The big news in web browsers this week is the formation of the Mozilla Corporation, a wholly-owned subsidiary of the Mozilla Foundation. So far it looks mainly like an accounting change so that they can work more easily with businesses that aren’t quite sure how to deal with non-profit partner. Firefox, Thunderbird, etc. will of course remain free and open-source. I’m optimistic about the change—being a for-profit company doesn’t seem to have hurt Opera much.

Speaking of Opera, they’re close to passing Acid2 in-house. They seem likely to be the next browser to pass (after Safari, iCab, and Konqueror). The next question is: Who will be the first to release a final version that passes the test? Safari and Konqueror still only pass on the development branches, and iCab’s still in beta.

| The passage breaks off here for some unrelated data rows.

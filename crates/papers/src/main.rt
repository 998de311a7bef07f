// Runs a script of worked examples from standard input (`stdin`, which says what its steps are): each is compiled and played,
// and the register values and the panel points are held against the paper's. Writes each example's name, the lines that
// differ, and the verdict; and at the end whether all was as the papers have it.
#![tactic(auto)]

ghost use Rattle.io.specs.Counts.{IsPrefixLen};

use compiler::Compiled;
use refusal::{Refusal, Refused};
use script::Tally;
use std::io::Read;

fn main(rt: HostRuntime) {
    let mut script = io::large_buffer();
    let n = read_script(&mut rt.reader(), &mut script);
    run(&rt, &script[..n]);
}

// Reads until the buffer is full, the input ends or a read fails; answers how many bytes stand at the buffer's start.
fn read_script(input: &mut impl Read, script: &mut [u8]) -> usize
    ensures { IsPrefixLen result script.new }
{
    let mut done = 0;
    // The step is what was read. `files::read_full` answers an error in place of what was read before it.
    while done < script.len() {
        let n = input.read(&mut script[done..]).unwrap_or(0);
        if n == 0 {
            break;
        }
        done += n;
    }
    done
}

// Writes a text.
fn write(rt: &impl Print, text: &[u8]) {
    let _ = rt.write_all(text);
}

// Writes one of two texts.
fn write_either(rt: &impl Print, ok: bool, yes: &[u8], no: &[u8]) {
    if ok {
        write(rt, yes);
    } else {
        write(rt, no);
    }
}

// Writes an example's name, a line that is not as the papers have it, and at an example's end whether all of it was.
fn write_line(rt: &impl Print, k: u32, line: &[u8], ok: bool, example: bool) {
    if k == script_steps::EXAMPLE && 8 <= line.len() {
        write(rt, &line[8..]);
    }
    if !ok {
        write(rt, b"\n  differs: ");
        write(rt, line);
    }
    if k == script_verdict::DONE {
        write_either(rt, example, b": ok\n", b"\n: differs\n");
    }
}

// Writes whether all was as the papers have it.
fn write_end(rt: &impl Print, all: bool) {
    write_either(rt, all, b"all ok\n", b"not all ok\n");
}

// Takes the steps, line by line. Each function does its part of a step, if it has one.
fn run(rt: &impl Print, script: &[u8]) {
    let mut desk = [0u8; 92];
    let mut words = [0u16; 1001];
    let mut stream = [0u8; 16384];
    let mut memory = script_steps::zeros();
    let mut kept = script_steps::zeros();
    // Before the first step: an empty stream, and nothing played.
    let mut compiled: Result<Compiled, Refused> = Ok(Compiled {
        length: 0,
        depth: 0,
        rotation: 0,
        flag: 0,
    });
    let mut played = Err(Refused::from(Refusal::StreamLength));
    let mut tally = Tally {
        example: true,
        all: true,
    };
    let mut at = 0;
    // The step is a line's length, which is not known before.
    while at < script.len() {
        let end = script_code::line_end(script, at);
        let line = &script[at..end];
        at = end + 1;
        let k = script_code::number_at(line, 0);
        script_steps::set_desk(k, line, &mut desk);
        script_steps::set_words(k, line, &mut words);
        script_steps::patch(k, line, &mut stream);
        script_steps::keep(k, &memory, &mut kept);
        script_steps::set_memory(k, line, &mut memory);
        compiled = script_steps::compile(k, compiled, &desk, &words, &mut stream);
        played = script_steps::play(k, played, compiled, &stream, &mut memory);
        let ok = script_verdict::check_line(
            k, line, compiled, played, &desk, &stream, &memory, &kept,
        );
        tally = script_verdict::judge(k, tally, ok);
        write_line(rt, k, line, ok, tally.example);
    }
    write_end(rt, tally.all);
}
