// The unit in two calls: draw a list, and say what a panel point then shows.
#![tactic(auto)]

ghost use Rattle.std.specs.Prelude.{◌≡◌, length};
ghost use Rattle.screen.specs.Screen.{memory_size};
ghost use Rattle.command.specs.Task.{task};
ghost use Rattle.reader.specs.Read.{reading_of};
ghost use Rattle.reader.specs.Read.{answer_of as point_of};
ghost use Rattle.unit.specs.Draw.{drawing, drawing_of, answer_of, memory_drawn, stream_drawn, showing};

use reader::Point;
use refusal::{Refusal, Refused};
use screen::MEMORY_SIZE;
use unit::Drawn;

// Compiles, then plays the stream: the memory is then the sheet's, or, on refusal, both buffers are as they were.
pub fn draw(
    form: u32,
    screen: &[u8],
    list: &[u8],
    words: &[u16],
    stream: &mut [u8],
    memory: &mut [u8],
) -> Result<Drawn, Refused>
    ensures result_value { drawing_of result ≡ drawing memory_size (task form screen.now list.now words.now) (length stream.old) memory.old }
    ensures value { result ≡ answer_of (drawing memory_size (task form screen.now list.now words.now) (length stream.old) memory.old) }
    ensures stream_after { stream.new ≡ stream_drawn memory_size (task form screen.now list.now words.now) stream.old memory.old }
    ensures memory_after { memory.new ≡ memory_drawn memory_size (task form screen.now list.now words.now) (length stream.old) memory.old }
{
    if memory.len() as u64 != MEMORY_SIZE {
        return Err(Refusal::MemoryLength.into());
    }
    let compiled = compiler_code::compile_into(form, screen, list, words, stream)?;
    let length = compiled.length;
    let end = length as usize;
    let values = chip_code::play(&stream[..end], memory)?;
    Ok(Drawn { length, values })
}

// What panel point (p, q) of a screen shows over a memory, and where that stands in it.
pub fn shown(screen: &[u8], p: u32, q: u32, memory: &[u8]) -> Result<Point, Refusal>
    ensures result_value { reading_of result ≡ showing memory_size screen.now p q memory.now }
    ensures value { result ≡ point_of (showing memory_size screen.now p q memory.now) }
{
    if memory.len() as u64 != MEMORY_SIZE {
        return Err(Refusal::MemoryLength);
    }
    let s = screen_code::read_screen(screen)?;
    let d = reader_code::display_of(s);
    let values = screen_values::screen_values(s);
    reader_code::read_point(d, values, p, q, memory)
}
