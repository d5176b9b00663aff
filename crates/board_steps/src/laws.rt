//! Laws of what boards do.
ghost use Rattle.std.specs.Prelude.{◌≡◌, ◌+◌, ◌-◌, ◌*◌, ◌<◌, ◌≤◌, ◌++◌, ℕ, List, length, map, reverse, is_some, Bool, Some, true, false};
ghost use Rattle.std.specs.List.{AllByRecursion, list_all};
ghost use Rattle.hk_base.specs.TailoringParts.{TailoringParts};
ghost use Rattle.hk_base.specs.Fit.{IsFit};
ghost use Rattle.hk_base.specs.Payload.{places};
ghost use Rattle.hk_base.specs.declared.types.Definition.{Definition};
ghost use Rattle.hk_base.specs.declared.types.Key.{Key};
ghost use Rattle.hk_base.specs.declared.types.Place.{Place};
ghost use Rattle.hk_base.specs.declared.types.Structure.{Structure};
ghost use Rattle.pus_messages.specs.Messages.{protocol};
ghost use Rattle.pus_messages.specs.declared.message.Report.{Report};
ghost use Rattle.hk_world.specs.Timelines.{EachAfter, state_at};
ghost use Rattle.hk_world.specs.Legal.{IsLegal};
ghost use Rattle.hk_world.specs.Honest.{IsHonest};
ghost use Rattle.hk_world.specs.Worlds.{MayHappen};
ghost use Rattle.hk_world.specs.declared.moment.Moment.{Moment};
ghost use Rattle.board_steps.specs.Cores.{Core, session, state_of, new_core, reports_of};
ghost use Rattle.board_steps.specs.Slots.{has_sample, is_complete, is_due, is_spent, is_filed, is_set, sample_at};
ghost use Rattle.board_steps.specs.Plans.{planned};
ghost use Rattle.board_steps.specs.Steps.{IsStep};
ghost use Rattle.board_steps.specs.Runs.{IsMade, IsRun};
ghost use Rattle.board_steps.specs.Timeline.{Stands, AgreeOn, on_ground};
ghost use Rattle.board_steps.specs.Headers.{falling, of_type};
ghost use Rattle.board_steps.specs.OneShots.{AreShotsAhead};
ghost use Rattle.board_steps.specs.SlotRuns.{Ahead, IsPart, IsSlot, Leads, filings, waiting};
ghost use Rattle.board_steps.specs.Added.{Adds, IsJournal, filed_by, parameter_reports, reports_due};
ghost use Rattle.board_steps.specs.declared.event.Event.{Event};
ghost use Rattle.board_steps.specs.declared.event.Event.TheVariants.{CloseSlot, Filing, Work};
ghost use Rattle.board_steps.specs.declared.event.Sample.{Sample};

use pus_messages::{reports_are_spelled, requests_are_spelled};

/// What a board has done is a legal and honest timeline that begins with the state at boot. It is so too in a session of the
/// ground: there the start may be unknown, and numbers that no moment names may have other packets, as that of a request that
/// was lost has one there and none on the board. A core that a board comes to stands, and so does one after each step from
/// one that stands. The call is the law that it stands on.
pub fn boards()
    ensures legal { (t : TailoringParts) (events : List Event) (c : Core) → IsFit t → IsRun t events c → IsLegal (session c) c.moments }
    ensures honest { (t : TailoringParts) (events : List Event) (c : Core) → IsFit t → IsRun t events c → IsHonest (session c) c.moments }
    ensures ground_legal { (t : TailoringParts) (events : List Event) (c : Core) (known : Bool) (other : List (List ℕ)) → IsFit t → IsRun t events c
        → AgreeOn c.requests other c.moments → IsLegal (on_ground (session c) known other) c.moments }
    ensures ground_honest { (t : TailoringParts) (events : List Event) (c : Core) (known : Bool) (other : List (List ℕ)) → IsFit t → IsRun t events c
        → AgreeOn c.requests other c.moments → IsHonest (on_ground (session c) known other) c.moments }
    ensures happens { (c : Core) (known : Bool) (other : List (List ℕ)) → Stands c
        → AgreeOn c.requests other c.moments → EachAfter (MayHappen (on_ground (session c) known other)) c.moments }
    ensures tailoring { (t : TailoringParts) (events : List Event) (c : Core) → IsRun t events c → c.tailoring ≡ t }
    ensures stands { (t : TailoringParts) (events : List Event) (c : Core) → IsFit t → IsRun t events c → Stands c }
    ensures begins { (t : TailoringParts) → Stands (new_core t) }
    ensures goes_on { (before : Core) (event : Event) (after : Core) → IsFit before.tailoring → Stands before → IsMade before event after → Stands after }
{
    requests_are_spelled();
}

/// What a step adds: as many moments as were planned, with the samples of its event alone. A filing and the end of a slot
/// leave the number of requests that wait, and work does something while one waits. No sample is of a slot after the one that runs, and
/// a slot begins without any.
pub fn steps()
    ensures adds { (before : Core) (event : Event) (after : Core) → IsStep before event after → (new : List Moment) × Adds before event new after }
    ensures settable { (c : Core) → IsFit c.tailoring → AllByRecursion (λ (x : Sample). is_set c.tailoring x.param ≡ true) (filed_by c CloseSlot) }
    ensures waits { (before : Core) (x : Sample) (after : Core) → IsStep before (Filing x) after → waiting after ≡ waiting before }
    ensures closes { (before : Core) (after : Core) → IsStep before CloseSlot after → waiting after ≡ waiting before }
    ensures works { (c : Core) → 0 < waiting c → 0 < length (planned c Work) }
    ensures filed { (c : Core) → Stands c → AllByRecursion (λ (x : Sample). x.slot ≤ c.slot_now) (filings c.moments) }
    ensures unfiled { (before : Core) (after : Core) → Stands before → IsStep before CloseSlot after → (id : ℕ) → is_filed after id ≡ false }
{}

/// A board's journal can be written and carried: its moments, tags, numbers and packets are within their ranges. The calls
/// are the laws that it stands on.
pub fn journals()
    ensures bounded { (t : TailoringParts) (events : List Event) (c : Core) → IsFit t → IsRun t events c → IsJournal c }
    ensures stands { (c : Core) → IsFit c.tailoring → Stands c → IsJournal c }
{
    requests_are_spelled();
    reports_are_spelled();
}

/// The parameter reports among the moments that a step adds are those that are due, exactly. A place counts as sampled
/// exactly where a sample of it stands among the moments once the slot has ended, and a definition as complete where all its
/// places do.
pub fn reports_are_due()
    ensures due { (before : Core) (event : Event) (after : Core) (new : List Moment) → IsStep before event after → after.moments ≡ reverse new ++ before.moments
        → parameter_reports (session before).protocol new ≡ reports_due before event }
    ensures sampled { (before : Core) (after : Core) → IsFit before.tailoring → IsStep before CloseSlot after → (place : Place)
        → has_sample before place ≡ is_some (sample_at place after.moments) }
    ensures complete { (before : Core) (after : Core) → IsFit before.tailoring → IsStep before CloseSlot after → (d : Definition)
        → is_complete before d ≡ list_all (λ place. is_some (sample_at place after.moments)) (places d before.slot_now) }
{}

/// The events of a slot go on with a run. Whole, they end the slot that runs, and nothing waits then where nothing did before.
pub fn slots()
    ensures runs { (t : TailoringParts) (earlier : List Event) (ahead : Ahead) (next : Ahead) (before : Core) (after : Core) (events : List Event)
        → IsRun t earlier before → Leads ahead before events next after → IsRun t (reverse events ++ earlier) after }
    ensures same { (uplinks : List (List ℕ)) (ahead : Ahead) (before : Core) (after : Core) → IsPart uplinks before ahead after
        → ahead.is_open ≡ true → after.slot_now ≡ before.slot_now }
    ensures next { (uplinks : List (List ℕ)) (before : Core) (after : Core) → IsSlot uplinks before after → after.slot_now ≡ before.slot_now + 1 }
    ensures idle { (uplinks : List (List ℕ)) (before : Core) (after : Core) → IsSlot uplinks before after → waiting before ≡ 0 → waiting after ≡ 0 }
{}

/// A structure that is due had its definition at each tag since the interval began, since a change begins its intervals anew
/// with the slot after; without a one-shot it was enabled since then too. It has as many slots up to now as an interval has. A
/// pending one-shot is of a structure that is there, and its interval ends with the slot that runs or later: so it is spent
/// when that slot ends. The call is the law that it stands on.
pub fn intervals()
    ensures whole { (c : Core) → IsFit c.tailoring → Stands c → (key : Key) (x : Structure) → (state_of c).structure key ≡ Some x
        → is_due c key x ≡ true → is_spent c key x ≡ false → (tag : ℕ) → (c.slot_now + 1 - x.def.interval) * c.tailoring.widths.slot ≤ tag
        → (state_at (session c) c.moments tag).structure key ≡ Some x }
    ensures defined { (t : TailoringParts) (events : List Event) (c : Core) → IsFit t → IsRun t events c → (key : Key) (x : Structure)
        → (state_of c).structure key ≡ Some x → is_due c key x ≡ true → (tag : ℕ) → (c.slot_now + 1 - x.def.interval) * c.tailoring.widths.slot ≤ tag
        → (y : Structure) × ((state_at (session c) c.moments tag).structure key ≡ Some y) × (y.def ≡ x.def) }
    ensures shots { (t : TailoringParts) (events : List Event) (c : Core) → IsFit t → IsRun t events c → AreShotsAhead c }
    ensures long { (c : Core) (key : Key) (x : Structure) → is_due c key x ≡ true → x.def.interval ≤ c.slot_now + 1 }
{
    requests_are_spelled();
}

/// The reports of a board, the newest first, are counted one by one: the sequence counts fall to 0 modulo 16,384, and so do the
/// counters of each message type modulo 65,536 (ECSS-E-ST-70-41C, 7.4.3.1).
pub fn headers()
    ensures counts { (t : TailoringParts) (events : List Event) (c : Core) → IsRun t events c
        → map (λ (r : Report). r.header.count) (reports_of (protocol t) c.moments) ≡ falling 16384 (length (reports_of (protocol t) c.moments)) }
    ensures counters { (t : TailoringParts) (events : List Event) (c : Core) (service : ℕ) (subtype : ℕ) → IsRun t events c
        → map (λ (r : Report). r.header.counter) (of_type service subtype (reports_of (protocol t) c.moments))
        ≡ falling 65536 (length (of_type service subtype (reports_of (protocol t) c.moments))) }
{}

On Sunday, a development version of Konqueror passed the Acid2 test. In the comments, someone posted a screenshot of iCab also passing the Acid2 test.

I did a double-take. iCab? Das Internet-Taxi für den Mac? The browser with the nice “Make iCab smile” campaign to encourage non-broken HTML on websites but CSS capabilities that have rivaled Netscape 4 as little better than a bad joke? That has been in perpetual beta for years with no sign of shipping a final release?

So I did the only thing I could do. I downloaded the new beta and tried it. Not only did it nearly pass Acid2 (there was a narrow white line across the middle of the face) but it actually handled all the layouts on my own site… something which it had always failed at spectacularly before.

The WaSP Buzz posted a congratulatory note to both this morning. Strangely, iCab is the first browser available to the general public that passes Acid2. The up-to-date Safari is still sitting inside Apple’s development labs, and while you can download the source for the updated Konqueror, you’ll have to wait for KDE 3.4.2—or possibly 3.5—to be able to use it yourself without running a bleeding-edge desktop. Update: Apple has just launched CVS access to WebCore, putting Safari in the same situation as Konqueror: you can download and compile the latest source code if you want, but if you just want to grab an installer, you’re gonna have to wait.

The Acid2 Browser Test is out, and any fears that it’s focused only on IE have proven unfounded. As Dave Hyatt remarks in his efforts to get it to work in Safari, “Every browser fails it spectacularly.”

The Acid2 test is a single page of HTML and CSS designed to use parts of the spec that today’s browsers handle incorrectly or not at all. According to the rules, the code should display a happy face… but at the moment it produced varying levels of gibberish. So far Firefox seems to handle it the least badly (I hesitate to say “best”), with Opera and Konqueror at about the same level (you can at least see a circular outline), and Internet Explorer looking like a piece of modern art.

Well, we know Safari is working on it (and the fixes should feed back into Konqueror). One of the test’s architects is high up at Opera, so you can bet they will be improving. I imagine people are already submitting bug reports to Mozilla. [Update: found the tracking bug in Bugzilla.] That leaves Internet Explorer. They’ve been notoriously reluctant to update their rendering engine, but they did ask for specific requests. I don’t have much confidence in seeing fixes in IE 7, but you never know…

Anyone want to place bets on who progresses the fastest?